Kaleidoscope, by Brian Selznick

     From the author of The Invention of Hugo Cabret, among other wonderfully written and illustrated books, comes Kaleidoscope, the new book by Brian Selznick. This book is a collection of short stories - very short, as in 2 or 3 pages each - connected by artwork that goes along with the book's title (a kaleidoscope is a tube that you look through at one end, rotate, and colored pieces tumble inside creating wonderful shapes and patterns and colors). The stories share common images, character names, and themes, but at the same time they are pretty loosely tied together. So much so that once I finished the last story I immediately re-read the first two stories, which made much more sense after finishing the book. The style is hard to explain, and hard to figure out until almost at the end of the book. But once you reach the end, I promise you, too, will re-start at the beginning. 

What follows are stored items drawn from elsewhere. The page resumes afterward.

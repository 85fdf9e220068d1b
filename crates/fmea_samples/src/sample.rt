//! A system that is read line by line, and its table.

ghost use Rattle.std.specs.Prelude.{length};
ghost use Rattle.plain_values.specs.Rising.{RisesWithin};
ghost use Rattle.fmea_rows.specs.inner.Text.{HasFieldNames};

use crate::compared::print_compared;
use crate::names::{are_plain, are_rising};
use crate::reading::{formula_of, name_of, number_of};
use crate::rings::{print_ring_table, print_rings};
use fault_system::{EventInfo, FactInfo, FaultSystem, is_system};
use fmea_rows::{TableLines, rows};
use fta_outside::{Sink, write_lines};
use plain_values::{List, Mem};
use property_reader::conservative_rates;
use std::alloc::Global;
use std::io;
use std::io::Print;

/// The facts and events that were read so far, and the effects.
#[derive(Drop)]
pub struct Sample {
    facts: List<FactInfo>,
    events: List<EventInfo>,
    effects: List<u32>,
}

impl Sample {
    /// Without a fact or an event.
    pub fn new(alloc: Global) -> Sample {
        Sample {
            facts: List::new(alloc),
            events: List::new(alloc),
            effects: List::new(alloc),
        }
    }

    /// Does what a line says.
    pub fn take_line<S: Sink>(
        &mut self,
        rt: &impl Print,
        alloc: Global,
        line: &[u8],
        out: &mut S,
    ) -> io::Result<()> {
        if let Some(name) = line.strip_prefix(b"event ") {
            self.take_event(alloc, name)?;
        } else if let Some(text) = line.strip_prefix(b"fact ") {
            self.take_fact(alloc, text)?;
        } else if let Some(numbers) = line.strip_prefix(b"effects ") {
            self.take_effects(alloc, numbers)?;
        } else if line == b"table".as_slice() {
            self.print_table(rt, alloc, out)?;
        } else if let Some(numbers) = line.strip_prefix(b"random ") {
            print_compared(rt, alloc, numbers)?;
        } else if let Some(numbers) = line.strip_prefix(b"rings ") {
            print_rings(rt, alloc, numbers)?;
        } else if let Some(numbers) = line.strip_prefix(b"ring table ") {
            print_ring_table(rt, alloc, numbers, out)?;
        }
        Ok(())
    }

    fn take_event(&mut self, alloc: Global, name: &[u8]) -> Mem<()> {
        let name = name_of(alloc, name)?;
        self.events.push(EventInfo {
            name,
            owner: 0,
            key: List::new(alloc),
        })
    }

    fn take_fact(&mut self, alloc: Global, text: &[u8]) -> Mem<()> {
        let mut end = text.len();
        for (at, byte) in text.iter().enumerate() {
            if *byte == b' ' && at < end {
                end = at;
            }
        }
        let name = name_of(alloc, text.get(..end).unwrap_or(&[]))?;
        let formula = formula_of(alloc, text.get(end..).unwrap_or(&[]))?;
        self.facts.push(FactInfo {
            name,
            owner: 0,
            formula,
        })
    }

    // The numbers of a line, as far as they rise and are those of facts; all facts where it says so.
    fn take_effects(&mut self, alloc: Global, numbers: &[u8]) -> Mem<()> {
        self.effects = List::new(alloc);
        if numbers == b"all".as_slice() {
            for number in 0..self.facts.len_u32() {
                self.effects.push(number)?;
            }
            return Ok(());
        }
        for word in numbers.split(|b| *b == b' ') {
            self.effects.push(number_of(word))?;
        }
        Ok(())
    }

    // Prints the table of what was read, and begins anew.
    fn print_table<S: Sink>(
        &mut self,
        rt: &impl Print,
        alloc: Global,
        out: &mut S,
    ) -> io::Result<()> {
        let Sample {
            facts,
            events,
            effects,
        } = std::mem::replace(self, Sample::new(alloc));
        if !is_system(alloc, facts.items(), events.items())? {
            return println!(rt; "no system");
        }
        let system = FaultSystem::new(facts, events);
        if !are_plain(&system) || !are_rising(effects.items(), system.facts()) {
            return println!(rt; "no table");
        }
        write_table(rt, alloc, system, effects.items(), out)
    }
}

/// Writes the table of a system over some effects.
pub fn write_table<S: Sink>(
    rt: &impl Print,
    alloc: Global,
    system: FaultSystem,
    effects: &[u32],
    out: &mut S,
) -> io::Result<()>
    requires names { HasFieldNames system }
    requires rise { RisesWithin 0 (length system.facts) effects.now }
{
    let found = rows(alloc, &system, effects)?;
    let rates = conservative_rates(alloc, system.events())?;
    let mut table = TableLines::new(alloc, system, found, rates);
    match write_lines(alloc, &mut table, out) {
        Ok(()) => Ok(()),
        Err(_) => println!(rt; "not written"),
    }
}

    I admit I didn't love the book at the start...giants and dragons and such aren't usually my thing (sometimes, but not usually). But after midpoint of this collection of stories I started to see them connected, and in very subtle ways (meaning the connections are not very obvious). And once they began to link together, Selznick's "voice" came through, and I truly hated to see the book end. This could have been 400 pages, instead of 200 pages, and it still may not have been enough.

    Give this book a try, and be patient with it! If it doesn't grab you right away, keep going anyway, because it will, and you'll be very glad you did. 4 paws and a wag for this gem!



Sunday, April 3, 2022

Flight of the Puffin, by Ann Braden

     In Flight of the Puffin, the second book by author Braden, she tells the story of four different teens, living four very different lives, connected by a random idea that one of these young people has to create small index cards with hopeful messages on them and place them around town. One of the main characters, and narrators, Jack, is trying to save his small rural school from being closed down for the school board because the school does not offer gender-neutral bathrooms. Jack takes up the fight to save his school from having to change - out of love for his school and community - but his stand is seen as hatred and is quickly turned to something it isn't in the local press. Thanks to the random cards, and consequent conversations with others, Jack changes his mind. His empathy grows - his ability to put himself in someone else's shoes, so to speak.

    All four of the main characters are searching for their voices in this story, and the card idea is based on a real-life group called the Local Love Brigade. The ideas in this book would, alone, earn it 5 paws from me, but even though this is a truly important story, it wasn't written as strongly as the ideas it is sharing. So a good book, for sure, but the characters didn't stick with me after the final page (the message of empathy did, though, which I wagged at!). This book is getting a lot of good reviews, which it should, and I'm giving it one here, too! But 4 paws, not 5.



Saturday, March 26, 2022

The List of Unspeakable Fears, by J. Kasper Kramer

     Essie O'Neill is afraid of many things - electric lights, cats, and the red door at the end of the hallway in her new home. She keeps a list of her fears under her mattress so she can add to it at any time. Sometimes, adding to her list helps her fears seem less scary...sometimes. And sometimes she can cross things of of her list...sometimes.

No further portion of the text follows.